Politik & Pemerintahan

Diduga Praktek Mafia Tanah Telah Merambah Di Batu Bara

9
×

Diduga Praktek Mafia Tanah Telah Merambah Di Batu Bara

Sebarkan artikel ini
Baliho Koptan Rukun Sari yang berada di lahan sengketa, Batu Bara (14/12/2021). (kedannews.com/Eka Suhendra).
Baliho Koptan Rukun Sari yang berada di lahan sengketa, Batu Bara (14/12/2021). (kedannews.com/Eka Suhendra).

Batu Bara, kedannews.com – Dugaan praktik mafia tanah ternyata bukan isapan jempol belaka, apa yang dikatakan Presiden Republik Indonesia (RI) Joko Widodo (Jokowi), tidak hanya terjadi di Pulau Jawa saja. Kabupaten Batu Bara yang menjadi kawasan strategis nasional, Kawasan Ekonomi Khusus (KEK) juga telah menjadi target dari para pelaku mafia tanah.

Presiden Jokowi dan DPR pun sampai turun tangan, menjadikan pemberantasan mafia tanah sebagai salah satu prioritas yang terus dikejar untuk diselesaikan.

Selain itu, Presiden Jokowi juga telah menginstruksikan Polri dan Kejaksaan Agung untuk memberantas segala bentuk praktik kejahatan pertanahan.

Demikian pernyataan Juru Bicara Warung Apresiasi Press (Wappress), Darman, di Markas Wappress, Kelurahan Lima Puluh, Batu Bara. Selasa (14/12/2021).

Kelompok Tani Rukun Sari, Batu Bara (14/12/2021). (kedannews.com/Eka Suhendra).
Kelompok Tani Rukun Sari, Batu Bara (14/12/2021). (kedannews.com/Eka Suhendra).

“Tidak hanya sampai di situ, Kementerian Agraria dan Tata Ruang/Badan Pertanahan Nasional (ATR/BPN) juga membentuk Satuan Tugas Anti-Mafia Tanah sejak 2017,” sebut Darman.

Sengketa tanah yang di alami kelompok tani (Poktan) Rukun Sari dengan perkebunan PT EMHA yang berada di Lingkungan Vll Kelurahan Sipare-pare, Kecamatan Sei Suka.

Dalam praktik mafia tanah yang sedang bergejolak saat ini, kelompok tani (Koptan) Rukun Sari menjadi korban “keserakahan” pihak perkebunan.

Putusan Kasasi Mahkamah Agung (MA) Nomor 3375 K/Pdt/2002 atas gugatan perdata sengketa lahan seluas 60 ha yang diajukan kelompok tani (Koptan) Rukun Sari ke MA sejak tahun 2002 lalu, dan tahun 2006 MA telah menerbitkan putusan telah memenangkan Koptan Rukun Sari dengan tergugat PT. EMHA, ulas Darman

Namun hingga saat ini lahan tersebut belum dapat dikuasai oleh Koptan Rukun Sari, dan masih terus bersengketa. Diketahui saat ini PT. Emha Kebun menanam kelapa sawit di tengah – tengah tanaman holtikultura milik Koptan Rukun Sari.
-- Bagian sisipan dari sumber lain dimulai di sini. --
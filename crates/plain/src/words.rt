// Refusal 3: whether a record's words, used numbers, links and runs aside, have values that their kind allows. Pure functions on plain words.
// The tests are joined by `&` and `|`: each costs less than a branch, and an accepted file passes all of them.
ghost use Rattle.std.specs.Prelude.{◌≡◌, not, ◌&&◌, ◌||◌, [], ◌∷◌, ◌==◌};
ghost use Rattle.definition.specs.Base.{unused, inline};
ghost use Rattle.definition.specs.Accept as Accept;

use definition::layout::INLINE;

// Unused words are 0.
fn unused(words: &[u32]) -> bool
    ensures { result ≡ unused words.now }
{
    words.iter().all(|w| *w == 0)
}

#[tactic(auto, unfolding(definition::specs::Accept::is_name))]
pub fn is_name(w: u32) -> bool
    ensures { result ≡ Accept.is_name w }
{
    w != 0
}

#[tactic(auto, unfolding(definition::specs::Accept::is_bits))]
fn is_bits(w: u32) -> bool
    ensures { result ≡ Accept.is_bits w }
{
    (w == 8) | (w == 16) | (w == 32) | (w == 64)
}

// Two's complement words are in order where they are with 2 ^ 31 added.
#[tactic(auto, unfolding(definition::specs::Accept::biased))]
pub fn biased(w: u32) -> u32
    ensures { result ≡ Accept.biased w }
{
    std::num::wrapping_add_u32(w, 2147483648)
}

#[tactic(auto, unfolding(definition::specs::Accept::shape_plain))]
pub fn shape_plain(kind: u32, a: u32, b: u32, c: u32, d: u32) -> bool
    ensures { result ≡ Accept.shape_plain kind a b c d }
{
    match kind {
        0 => unused(&[a, b, c, d]),
        1..=8 => is_bits(a) & unused(&[b, c, d]),
        9 => (b <= 1) & unused(&[c, d]),
        10 => true,
        11 => unused(&[c, d]),
        12..=13 => unused(&[d]),
        14..=15 => is_name(a) & unused(&[b, c, d]),
        16 => unused(&[b, c, d]),
        _ => false,
    }
}

#[tactic(auto, unfolding(definition::specs::Accept::shape_field_plain))]
pub fn shape_field_plain(name: u32, default: u32) -> bool
    ensures { result ≡ Accept.shape_field_plain name default }
{
    is_name(name) & (default <= 1)
}

#[tactic(auto, unfolding(definition::specs::Accept::dimension_plain))]
pub fn dimension_plain(lower: u32, upper: u32) -> bool
    ensures { result ≡ Accept.dimension_plain lower upper }
{
    biased(lower) <= biased(upper)
}

#[tactic(auto, unfolding(definition::specs::Accept::type_plain))]
pub fn type_plain(kind: u32, named: u32, start: u32, first: u32, many: u32) -> bool
    ensures { result ≡ Accept.type_plain kind named start first many }
{
    match kind {
        0 => unused(&[named, start, first, many]),
        1 => unused(&[named, first, many]),
        2 => unused(&[first, many]),
        3 => unused(&[named, first, many]),
        4 => unused(&[start]),
        5 => unused(&[named, start]),
        6 => unused(&[start, first, many]),
        7 => unused(&[start, first, many]),
        8 => unused(&[start, first, many]),
        9 => unused(&[named, start]),
        _ => false,
    }
}

#[tactic(auto, unfolding(definition::specs::Accept::block_field_plain))]
pub fn block_field_plain(name: u32, kind: u32) -> bool
    ensures { result ≡ Accept.block_field_plain name kind }
{
    is_name(name) & (kind <= 3)
}

// In an array's initializer an element type stands only where the named type is inline.
fn array_named(named: u32, element: u32) -> bool
    ensures { result ≡ (named == inline) || (element == 0) }
{
    (named == INLINE) | (element == 0)
}

#[tactic(auto, unfolding(definition::specs::Accept::initializer_plain))]
pub fn initializer_plain(
    kind: u32,
    named: u32,
    element: u32,
    value: u32,
    first: u32,
    many: u32,
    length: u32,
    width: u32,
) -> bool
    ensures { result ≡ Accept.initializer_plain kind named element value first many length width }
{
    let none = unused(&[element, value, first, many, length, width]);
    let valued = unused(&[element, first, many, length, width]);
    let listed = unused(&[element, value, length, width]);
    match kind {
        0..=1 => none,
        2..=3 => valued,
        4 => unused(&[element, first, many]) & (width <= 1),
        5..=6 => valued,
        7..=8 => listed,
        9 => unused(&[value, length, width]) & array_named(named, element),
        10 => (named == 0) & valued,
        11 => valued,
        12..=14 => none,
        _ => false,
    }
}

#[tactic(auto, unfolding(definition::specs::Accept::entry_plain))]
pub fn entry_plain(kind: u32, a: u32, b: u32) -> bool
    ensures { result ≡ Accept.entry_plain kind a b }
{
    match kind {
        0 => unused(&[b]),
        1 => is_name(a),
        2..=3 => true,
        4 => unused(&[b]),
        5 => unused(&[a, b]),
        6 => true,
        _ => false,
    }
}

#[tactic(auto, unfolding(definition::specs::Accept::expression_plain))]
pub fn expression_plain(kind: u32, a: u32) -> bool
    ensures { result ≡ Accept.expression_plain kind a }
{
    match kind {
        0..=3 => true,
        4..=6 => unused(&[a]),
        _ => false,
    }
}

// Sign 1 not with size 0.
fn signed(sign: u32, low: u32, high: u32) -> bool
    ensures { result ≡ (sign == 0) || (sign == 1 && not (unused (low ∷ high ∷ []))) }
{
    (sign == 0) | ((sign == 1) & !unused(&[low, high]))
}

#[tactic(auto, unfolding(definition::specs::Accept::constant_plain))]
pub fn constant_plain(kind: u32, sign: u32, low: u32, high: u32, width: u32) -> bool
    ensures { result ≡ Accept.constant_plain kind sign low high width }
{
    match kind {
        0 => (low <= 1) & unused(&[sign, high, width]),
        1 => signed(sign, low, high) & unused(&[width]),
        2..=3 => unused(&[sign, width]),
        4 => signed(sign, low, high) & (width <= 1),
        5..=8 => (sign == 0) & (width <= 1),
        _ => false,
    }
}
Ditambahkan Darman, berdasarkan instruksi tersebut, Menteri ATR/BPN membentuk Satuan Tugas (Satgas) Anti-Mafia Tanah bertujuan untuk memberantas praktik kejahatan pertanahan yang terindikasi mafia tanah.
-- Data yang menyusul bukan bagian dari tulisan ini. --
//! Says what a step of the site leads to.

ghost use Rattle.std.specs.Prelude.{◌≡◌, ℕ, true, false, Err, Some, find, vec_items};
ghost use Rattle.sv_model.specs.Site.{with_list};
ghost use Rattle.sv_connection.specs.Connection.{is_closed, is_waiting};
ghost use Rattle.sv_connection.specs.Speak.{IsSaid, IsStarved};
ghost use Rattle.sv_connection.specs.declared.outcome.Outcome.TheVariants.{Parked};
ghost use Rattle.sv_solo.specs.Manner.{manner_of};
ghost use Rattle.sv_solo.specs.Reply.{refusal, speaks_to};
ghost use Rattle.sv_solo.specs.Serve.{outputs_of, said_by, verdict, Follows, Stays};

use crate::reply::{refusal, reply_to};
use std::alloc::Global;
use std::io::Write;
use sv_connection::{Connection, Outcome, RequestFault};
use sv_message::fault::ReadFault;
use sv_model::{Cause, Output, Request, Response, StepFault, is_head};

/// How the response to a request is to be.
#[derive(Clone, Copy, Debug, PartialEq, Eq)]
pub struct Manner {
    /// Without its body, as to a HEAD request.
    pub head_only: bool,
    /// The connection closes after it.
    pub close: bool,
    /// The seconds of its Date field.
    pub now: u64,
}

/// How the response to a request is to be, at `now` in whole seconds.
pub fn manner_of(request: &Request, now: u64) -> Manner
    ensures { result ≡ manner_of request.now now }
{
    Manner {
        head_only: is_head(&request.method),
        close: request.close,
        now,
    }
}

/// The site will answer later.
fn parked(manner: Manner) -> Outcome
    ensures { result ≡ Parked manner.head_only }
{
    Outcome::Parked {
        head_only: manner.head_only,
    }
}

/// Writes the lines that say that memory was refused.
fn starve<W: Write>(connection: &mut Connection, writer: &mut W, now: u64) -> Outcome
    ensures stays { Stays connection.old connection.new result }
    ensures starved { IsStarved (W.contents writer.old) (W.contents writer.new) (is_closed connection.new) result }
{
    let memory = RequestFault::Read(ReadFault::Memory);
    let outcome = connection.refuse(writer, memory, false, now);
    connection.close();
    outcome
}

/// Writes a response.
fn say<W: Write>(
    connection: &mut Connection,
    writer: &mut W,
    response: &Response,
    now: u64,
) -> Outcome
    requires was_open { is_closed connection.old ≡ false }
    ensures stays { Stays connection.old connection.new result }
    ensures said { IsSaid response.now now Outcome.Answered (W.contents writer.old) (W.contents writer.new) (is_closed connection.new) result }
{
    connection.answer(writer, response, now)
}

/// Writes the response for a cause.
fn say_refusal<W: Write>(
    alloc: Global,
    connection: &mut Connection,
    writer: &mut W,
    cause: Cause,
    manner: Manner,
) -> Outcome
    requires was_open { is_closed connection.old ≡ false }
    ensures stays { Stays connection.old connection.new result }
    ensures said { IsSaid (refusal cause manner.head_only manner.close) manner.now Outcome.Answered (W.contents writer.old)
        (W.contents writer.new) (is_closed connection.new) result }
{
    match refusal(alloc, cause, manner.head_only, manner.close) {
        Ok(response) => say(connection, writer, &response, manner.now),
        Err(_) => starve(connection, writer, manner.now),
    }
}

/// Writes what an output says.
fn say_output<W: Write>(
    alloc: Global,
    connection: &mut Connection,
    writer: &mut W,
    output: &Output,
    manner: Manner,
) -> Outcome
    requires asked { is_waiting connection.old ≡ true }
    requires was_open { is_closed connection.old ≡ false }
    ensures stays { Stays connection.old connection.new result }
    ensures follows { Follows (said_by manner.head_only manner.close (Some output.now)) manner.now (W.contents writer.old)
        (W.contents writer.new) (is_closed connection.new) result }
{
    match output {
        Output::Answer { token: _, response } => say(connection, writer, response, manner.now),
        Output::Refuse { token: _, cause } => {
            say_refusal(alloc, connection, writer, *cause, manner)
        }
        Output::Send(_) | Output::Moved | Output::MoveRefused(_) => parked(manner),
    }
}

/// Writes what the first output says that speaks to the token; without one the request is parked.
fn say_outputs<W: Write>(
    alloc: Global,
    connection: &mut Connection,
    writer: &mut W,
    token: u64,
    outputs: &[Output],
    manner: Manner,
) -> Outcome
    requires asked { is_waiting connection.old ≡ true }
    requires was_open { is_closed connection.old ≡ false }
    ensures stays { Stays connection.old connection.new result }
    ensures follows { Follows (said_by manner.head_only manner.close (find (speaks_to token) outputs.now)) manner.now (W.contents writer.old)
        (W.contents writer.new) (is_closed connection.new) result }
{
    match reply_to(token, outputs) {
        Some(output) => say_output(alloc, connection, writer, output, manner),
        None => parked(manner),
    }
}

/// Writes what a fault of the step leads to.
fn say_step_fault<W: Write>(
    alloc: Global,
    connection: &mut Connection,
    writer: &mut W,
    fault: StepFault,
    manner: Manner,
) -> Outcome
    requires was_open { is_closed connection.old ≡ false }
    ensures stays { Stays connection.old connection.new result }
    ensures follows { (token : ℕ) → Follows (verdict token manner.head_only manner.close (Err fault)) manner.now (W.contents writer.old)
        (W.contents writer.new) (is_closed connection.new) result }
{
    match fault {
        StepFault::Full | StepFault::Memory => {
            say_refusal(alloc, connection, writer, fault.cause(), manner)
        }
        StepFault::Failed | StepFault::Device => {
            connection.close();
            Outcome::Failed
        }
    }
}

/// Writes what a step leads to: what it says to the token, or the refusal of a step that was not taken.
pub fn say_step<W: Write>(
    alloc: Global,
    connection: &mut Connection,
    writer: &mut W,
    token: u64,
    step: &Result<Vec<Output>, StepFault>,
    manner: Manner,
) -> Outcome
    requires asked { is_waiting connection.old ≡ true }
    requires was_open { is_closed connection.old ≡ false }
    ensures stays { Stays connection.old connection.new result }
    ensures follows { Follows (verdict token manner.head_only manner.close (with_list vec_items step.now)) manner.now (W.contents writer.old)
        (W.contents writer.new) (is_closed connection.new) result }
{
    match step {
        Ok(outputs) => say_outputs(alloc, connection, writer, token, outputs.as_slice(), manner),
        Err(fault) => say_step_fault(alloc, connection, writer, *fault, manner),
    }
}

/// All that a step has put out.
pub fn outputs_of(alloc: Global, step: Result<Vec<Output>, StepFault>) -> Vec<Output>
    ensures { result.items ≡ outputs_of (with_list vec_items step) }
{
    match step {
        Ok(outputs) => outputs,
        Err(_) => Vec::new(alloc),
    }
}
Selain itu, Polri juga telah membentuk Satgas Anti-Mafia Tanah di 34 Polda, dalam pelaksanaannya tim Satgas Anti-Mafia Tanah yang dibentuk tetap bekerja sama dengan unsur internal Polri.

Kita menduga, praktik mafia tanah masih marak di Kabupaten Batu Bara, salah satunya , kata Darman.

Disamping itu, Ketua Koptan Rukun Sari, Ali Efendi mengungkapkan, pihaknya telah memenangkan permohonan kasasi di Mahkamah Agung (MA) terkait lahan seluas 60 hektare yang selama ini dikuasai perkebunan PT. Emha Kebun sejak tahun 2008.

Koptan Rukun Sari telah memiliki kekuatan hukum tetap dengan terbitnya keputusan MA Nomor 3375 K/pdt/2002 yang kami terima sejak tahun 2019 lalu.

Sembari berharap Pemerintah dan DPR Pusat maupun daerah ikut serta menyelesaikan mendapingi masalah sengketa tanah yang sudah mempunyai putusan Mahkamah Agung ( MA) tersebut.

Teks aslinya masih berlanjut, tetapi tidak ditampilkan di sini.